**What to work on**
Read the lines of the data below and retrieve those with "NoReply".

**Collected data entries**
╭──

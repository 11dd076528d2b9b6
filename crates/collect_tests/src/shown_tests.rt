//! Endings and collector calls, row by row.

use machine_basics::TrapKind;
use machine_hosted::RunEnd;
use run_session::{Shown, handed_over, shown_by};
use std::alloc::Global;
use wasm_syntax::CollectorCall;

/// How an invocation is to be shown.
#[derive(Clone, Copy)]
enum Wanted {
    AsRun,
    /// By a dump of this kind.
    Dump(u32),
    NoDump,
    Torn(usize),
}

/// How it ends.
#[derive(Clone, Copy)]
enum Ending {
    Finished,
    Trapped,
    FuelSpent,
    NoReply,
}

const NONE: [CollectorCall; 0] = [];

/// One frame without values, of kind 3, and no globals.
const WHOLE: [CollectorCall; 2] = [
    CollectorCall::Frame {
        kind: 3,
        function: 0,
        offset: 0,
        locals: 0,
    },
    CollectorCall::Frame {
        kind: 255,
        function: 0,
        offset: 0,
        locals: 0,
    },
];

/// The second call has too few values before it.
const TOO_FEW: [CollectorCall; 2] = [
    CollectorCall::ValueI32(7),
    CollectorCall::Frame {
        kind: 1,
        function: 0,
        offset: 0,
        locals: 2,
    },
];

/// No first entry has kind 0.
const NO_KIND: [CollectorCall; 1] = [CollectorCall::Frame {
    kind: 0,
    function: 0,
    offset: 0,
    locals: 0,
}];

/// How an invocation ends, the calls of the collector, and how it is to be shown.
type Row = (Ending, &'static [CollectorCall], Wanted);

const ROWS: [Row; 12] = [
    (Ending::Finished, &NONE, Wanted::AsRun),
    (Ending::Finished, &WHOLE, Wanted::Torn(0)),
    (Ending::Finished, &TOO_FEW, Wanted::Torn(1)),
    (Ending::Finished, &NO_KIND, Wanted::Torn(0)),
    (Ending::Trapped, &NONE, Wanted::NoDump),
    (Ending::Trapped, &WHOLE, Wanted::Dump(3)),
    (Ending::Trapped, &TOO_FEW, Wanted::Torn(1)),
    (Ending::Trapped, &NO_KIND, Wanted::Torn(0)),
    (Ending::FuelSpent, &WHOLE, Wanted::AsRun),
    (Ending::FuelSpent, &TOO_FEW, Wanted::AsRun),
    (Ending::NoReply, &NONE, Wanted::AsRun),
    (Ending::NoReply, &NO_KIND, Wanted::AsRun),
];

fn answer(ending: Ending) -> RunEnd {
    match ending {
        Ending::Finished => RunEnd::Finished { value: None },
        Ending::Trapped => RunEnd::Trapped {
            kind: TrapKind::Unreachable,
        },
        Ending::FuelSpent => RunEnd::FuelSpent,
        Ending::NoReply => RunEnd::NoReply,
    }
}

fn is_wanted(shown: &Shown<'_>, wanted: Wanted) -> bool {
    match (shown, wanted) {
        (Shown::AsRun, Wanted::AsRun) => true,
        (Shown::Collected(collected), Wanted::Dump(kind)) => collected.kind == kind,
        (Shown::NoDump { kind }, Wanted::NoDump) => *kind == TrapKind::Unreachable,
        (Shown::Torn { at }, Wanted::Torn(index)) => *at == index,
        _ => false,
    }
}

fn shows(alloc: Global, ending: Ending, calls: &[CollectorCall], wanted: Wanted) -> bool {
    let answer = answer(ending);
    match handed_over(alloc, calls, None, "module") {
        Ok(handed) => is_wanted(&shown_by(&answer, handed), wanted),
        Err(_) => false,
    }
}

/// The number of the first row that does not hold, if there is one.
fn first_wrong(alloc: Global, rows: &[Row]) -> Option<usize> {
    for (number, row) in rows.iter().enumerate() {
        if !shows(alloc, row.0, row.1, row.2) {
            return Some(number);
        }
    }
    None
}

#[test]
fn ending_and_calls_decide(rt: HostRuntime) {
    assert_eq!(rt; first_wrong(rt.alloc(), &ROWS), None);
}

╰──

**Result below**
    NoReply,
    (Ending::NoReply, &NONE, Wanted::AsRun),
    (Ending::NoReply, &NO_KIND, Wanted::AsRun),
        Ending::NoReply => RunEnd::NoReply,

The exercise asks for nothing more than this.